Did you know California was named after a Black warrior queen named Calafia? I didn’t!
Rebecca Johnson of Atlas Obscura wrote about Calafia’s story last November and touched “the surprising complexity of medieval attitudes about race”:
Meanwhile, the novel of chivalry that spawned it [California’s name], Garci Rodríguez de Montalvo’s Las Sergas de Esplandían, has been all but forgotten (despite being memorably cited by Cervantes as one of the books that turned poor Don Quixote’s brains to mush). Yet its portrait of California’s queen, the dark-skinned warrior Calafia, is worth revisiting—not just for its marvelous details, but for the light it sheds on medieval European attitudes about race.
I like the part where Calafia is described as “beautiful, strong, and courageous” and portrayed in an “unfailingly positive light”.

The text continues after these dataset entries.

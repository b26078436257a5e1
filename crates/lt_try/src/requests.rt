//! How does a request enter, go through its keys, and leave? As in any table: `lt_walk`. The contracts are those of the
//! table whose callers wait, and one more refusal may come: `Busy`, after which the same call is made again.
ghost use Rattle.std.specs.Prelude.{◌≡◌, ◌≢◌, ◌<◌, ℕ, length, Ok, Err, IfOk, IfErr};
ghost use mathlib.Core.List.{IsPrefix};
ghost use Rattle.lt_words.specs.Row.{SeesMore};
ghost use Rattle.lt_walk.specs.Entered.{IsEntered, IsRefused};
ghost use Rattle.lt_walk.specs.Closed.{IsLeave};
ghost use Rattle.lt_walk.specs.Reported.{IsPoll, GuardStays, PassStays, SeesLet, TellsScan, GoesOnOnlyIfLet};
ghost use Rattle.lt_walk.specs.Laws.{IsTooLong};
ghost use Rattle.lt_walk.specs.declared.scan_results.Scan.TheVariants.{Waiting, TooLong};
ghost use Rattle.lt_try.specs.Refused.{RefusesForOthers};

use crate::error::TryError;
use crate::table::TryTable;
use lt_ids::{Access, Key, Timestamp, TxnId};
use lt_rules::KeyTable;
use lt_shard::EmptyTables;
use lt_walk::{
    EnterRefused, Guard, LeaveStopped, Left, Mode, Poll, Scan, ScanError, Terms, enter_on,
    into_left, leave_on, poll_on, scan_on,
};
use lt_words::{Keeping, Pass, Waker};
use std::alloc::Global;

impl<T: KeyTable + Drop, M: EmptyTables<T>, W: Waker> TryTable<T, M, W> {
    /// Enters a request with these accesses. Its guard keeps the pass until the request leaves. Enters no shard, so it
    /// is never refused because another caller is in one.
    ///
    /// The number is drawn last, so none is drawn if the accesses are refused or an allocation fails. `txn` is the
    /// request's transaction, or `None`. The request joins the writers of a key only if they are fewer than
    /// `longest`; 0 means no bound.
    pub fn enter(
        &self,
        alloc: Global,
        pass: Pass,
        txn: Option<TxnId>,
        ts: Timestamp,
        accesses: &[(Key, Access)],
        longest: u32,
    ) -> Result<Guard, EnterRefused>
        requires pass { pass.of ≡ self.now.of }
        ensures entered { IfOk result (λ g. IsEntered pass accesses.now txn ts longest self.now.config.max_requests g) }
        ensures refused { IfErr result (λ e. IsRefused e.error pass accesses.now self.now.config.max_requests e.pass) }
    {
        let left = Left::of(alloc, pass);
        let terms = Terms { txn, ts, longest };
        self.enter_again(alloc, left, terms, accesses)
    }

    /// [`TryTable::enter`] through the pass of a request that has left. If its answers had room for those of this request, an
    /// enter allocates nothing for them.
    #[inline(always)]
    pub fn enter_again(
        &self,
        alloc: Global,
        left: Left,
        terms: Terms,
        accesses: &[(Key, Access)],
    ) -> Result<Guard, EnterRefused>
        requires pass { left.pass.of ≡ self.now.of }
        ensures entered { IfOk result (λ g. IsEntered left.pass accesses.now terms.txn terms.ts terms.longest self.now.config.max_requests g) }
        ensures refused { IfErr result (λ e. IsRefused e.error left.pass accesses.now self.now.config.max_requests e.pass) }
    {
        enter_on(
            &self.book,
            self.config.max_requests,
            alloc,
            left,
            terms,
            accesses,
        )
    }

    /// Whether the request was let through: one load of the pass's status word, compared with the whole ticket of
    /// the wait. `poll` enters no shard and allocates nothing.
    pub fn poll(&self, guard: &mut Guard) -> Poll
        requires pass { guard.old.pass.of ≡ self.now.of }
        ensures poll { IsPoll guard.old guard.new result }
        ensures through { result ≡ Poll.Through → SeesLet guard.new.pass guard.new.walk }
        ensures stays { GuardStays guard.old guard.new }
    {
        poll_on(&self.book, guard)
    }

    /// Visits the request's keys in order, each in the key's shard. If the request waits, the scan first loads the
    /// pass's status word: it is refused with `StillWaiting` if the request was not let through, and otherwise proceeds
    /// to the next key. If a queue is too long for the request, the request returns to the start of its list, and a
    /// later scan begins again there.
    ///
    /// The outer `Err` is a step's. The steps before it stand, the guard is at the key that it would visit next, and the
    /// next scan continues there. After `Busy` it is to be made at once. The law `resumed_has_passed_each` of `lt_walk`
    /// says that scans which were ended so and a last one are as good as one.
    #[inline(always)]
    pub fn scan(&self, guard: &mut Guard) -> Result<Result<Scan, ScanError>, TryError>
        requires pass { guard.old.pass.of ≡ self.now.of }
        ensures scan { TellsScan self.now.config.max_waits guard.old guard.new result }
        // A request that waited proceeds only if it was let through.
        ensures went_on { GoesOnOnlyIfLet guard.old guard.new result }
        // If the request was let through before, its let is in what its pass has then seen.
        ensures was_let { guard.old.walk.progress.mode ≡ Mode.Let → SeesLet guard.new.pass guard.old.walk }
        // A request that has to wait does so at a key of its list.
        ensures waiting { (index : ℕ) → result ≡ Ok (Ok (Waiting index)) → index < length guard.new.walk.asked.keys }
        // If a queue was too long, it was at a key of the list, and the request is back at the list's start.
        ensures stopped { (index : ℕ) → result ≡ Ok (Ok (TooLong index)) → index < length guard.new.walk.asked.keys }
        ensures too_long { (index : ℕ) → result ≡ Ok (Ok (TooLong index)) → IsTooLong guard.old guard.new index }
        ensures stays { GuardStays guard.old guard.new }
        // Only a step finds a full history, and never in an unrecorded table.
        ensures inside_never_full { IfOk result (λ r. r ≢ Err ScanError.HistoryFull) }
        ensures never_full { self.now.of.keeping ≡ Keeping.Unrecorded → result ≢ Err TryError.HistoryFull }
    {
        scan_on(self, self.config.max_waits, guard)
    }

    /// Gives up the request's queue entries and reservations, with one leave step for each key in the guard's
    /// order. A guard that is already leaving continues at the key whose leave was refused. After `Busy` that is to be
    /// done at once.
    #[inline(always)]
    pub fn leave(&self, mut guard: Guard) -> Result<Left, LeaveStopped<TryError>>
        requires pass { guard.pass.of ≡ self.now.of }
        ensures leave { IsLeave guard result }
        ensures left { IfOk result (λ left. PassStays guard.pass left.pass) }
        ensures stopped { IfErr result (λ e. GuardStays guard e.guard) }
        // If steps are not recorded, a request can leave as soon as no other caller is in the shard.
        ensures always { IfErr result (λ e. RefusesForOthers self.now.of.keeping e.error) }
    {
        if let Err(error) = leave_on(self, &mut guard) {
            return Err(LeaveStopped { guard, error });
        }
        Ok(into_left(guard))
    }

    /// Extends what the guard's pass has seen by what another guard's pass has.
    pub fn learn(&self, guard: &mut Guard, other: &Guard)
        requires pass { guard.old.pass.of ≡ self.now.of }
        requires other { other.now.pass.of ≡ self.now.of }
        ensures more { SeesMore guard.old.pass guard.new.pass }
        ensures seen { IsPrefix other.now.pass.seen guard.new.pass.seen }
        ensures shown { IsPrefix other.now.pass.shown guard.new.pass.shown }
        ensures walk { guard.new.walk ≡ guard.old.walk }
    {
        guard.learn(&other.seen());
    }
}
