use lt_shard::OnceError;
use thiserror::Error;

/// Why a step was refused. The pass or the guard is as it was. After `Lost` the shard is a new one, over an empty table; after
/// the others no step was made.
#[derive(Clone, Copy, Debug, PartialEq, Eq, Drop, Error)]
pub enum TryError {
    /// The shard holds as many steps as it may.
    #[error("the shard has stored as many steps as it may")]
    HistoryFull,
    /// An allocation failed.
    #[error("out of memory")]
    Memory,
    /// Another caller is in the shard. Call again.
    #[error("another caller is in the shard")]
    Busy,
    /// Another value of this shard made a step in the book, or somebody was in a shard at the close. No table that was
    /// opened has two values of one shard, but no contract knows that: it cannot see what a slot holds.
    #[error("the shard is not the one of its table")]
    Lost,
}

impl From<OnceError> for TryError {
    ghost use Rattle.std.specs.Prelude.{◌≡◌};
    ghost use Rattle.lt_try.specs.Refused.{of_once};

    ghost from_gives = { λ e r. r ≡ of_once e };

    fn from(e: OnceError) -> TryError {
        match e {
            OnceError::HistoryFull => TryError::HistoryFull,
            OnceError::Memory => TryError::Memory,
            OnceError::Lost => TryError::Lost,
        }
    }
}
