//! How does a command see the steps of a text, one after the other? [`follow_steps`] reads the text line by line and
//! checks each line. It gives each step to a taker, which asks the checker for what it needs of the key's state.
use crate::failure::{TraceFailure, fault_of, of_check};
use lt_checker::{Checker, Fault, Line, Report};
use std::alloc::Global;
use std::io::{BufRead, ErrorKind, Write};

/// Takes the steps of a text.
pub trait StepTaker {
    /// Takes the step of a line that the checker has just taken, and returns what is to be written for it.
    fn take(&mut self, checker: &Checker, line: Line) -> Result<Vec<u8>, TraceFailure>;
}

/// Appends the next line, with its line end if it has one. Returns how many bytes came; 0 means the end.
pub fn append_line<R: BufRead>(reader: &mut R, line: &mut Vec<u8>) -> Result<usize, TraceFailure> {
    match reader.read_until(b'\n', line) {
        Ok(n) => Ok(n),
        Err(e) if e.kind() == ErrorKind::OutOfMemory => Err(TraceFailure::Memory),
        Err(e) => Err(TraceFailure::Read(fault_of(e.kind()))),
    }
}

/// Writes all of a text.
pub fn write_text<W: Write>(output: &mut W, text: &[u8]) -> Result<(), TraceFailure> {
    match output.write_all(text) {
        Ok(()) => Ok(()),
        Err(e) => Err(TraceFailure::Write(fault_of(e.kind()))),
    }
}

/// Gives a line with its line end to the checker, and its step to the taker. Writes what the taker returns.
fn follow_line<W: Write, T: StepTaker>(
    alloc: Global,
    checker: &mut Checker,
    line: &[u8],
    output: &mut W,
    taker: &mut T,
) -> Result<(), TraceFailure> {
    match checker.take_line(alloc, line) {
        Ok(Some((line, _))) => {
            let text = taker.take(checker, line)?;
            write_text(output, &text)
        }
        Ok(None) => Ok(()),
        Err(error) => Err(of_check(error)),
    }
}

/// The verdict at the end of the text.
fn end(alloc: Global, checker: Checker, rest: &[u8]) -> Result<Report, TraceFailure> {
    match checker.end(alloc, rest) {
        Ok(report) => Ok(report),
        Err(error) => Err(of_check(error)),
    }
}

/// Reads the first line of a text into this one, and begins a check with it.
fn begin<R: BufRead>(reader: &mut R, line: &mut Vec<u8>) -> Result<Checker, TraceFailure> {
    append_line(reader, line)?;
    match Checker::begin(line) {
        Some((checker, _)) => Ok(checker),
        None => Err(TraceFailure::Refused {
            line: 1,
            name: Fault::Header.name(),
        }),
    }
}

/// Reads the next line into this one. Returns whether it has a line end.
fn read_line<R: BufRead>(reader: &mut R, line: &mut Vec<u8>) -> Result<bool, TraceFailure> {
    line.clear();
    append_line(reader, line)?;
    Ok(line.last() == Some(&b'\n'))
}

/// Gives all lines that have a line end to the checker, and their steps to the taker. What follows the last of them is then in
/// `line`.
fn follow_lines<R: BufRead, W: Write, T: StepTaker>(
    alloc: Global,
    checker: &mut Checker,
    line: &mut Vec<u8>,
    reader: &mut R,
    output: &mut W,
    taker: &mut T,
) -> Result<(), TraceFailure> {
    for _ in 0..u64::MAX {
        if !read_line(reader, line)? {
            return Ok(());
        }
        follow_line(alloc, checker, line, output, taker)?;
    }
    Err(TraceFailure::TooLong)
}

/// Reads a text of histories and checks it, gives its steps to the taker, and writes what the taker returns. It stops at
/// the first fault.
pub fn follow_steps<R: BufRead, W: Write, T: StepTaker>(
    alloc: Global,
    reader: &mut R,
    output: &mut W,
    taker: &mut T,
) -> Result<Report, TraceFailure> {
    let mut line = Vec::new(alloc);
    let mut checker = begin(reader, &mut line)?;
    match follow_lines(alloc, &mut checker, &mut line, reader, output, taker) {
        Ok(()) => end(alloc, checker, &line),
        Err(failure) => Err(failure),
    }
}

Other entities named after Calafia include:
- Calafia Airlines, a Mexican airline
- Calafia, a hard bop album by Gerald Wilson’s Orchestra of the 80’s
- Calafia, a hypertext novel by Marjorie Luesebrink
- Calafia Valley, a wine-growing region in Baja California, Mexico
- Califia, a genera of Orbiniidae worms
To all those fools who refuse to accept the existence of Black people in their fantasy universes, eat it.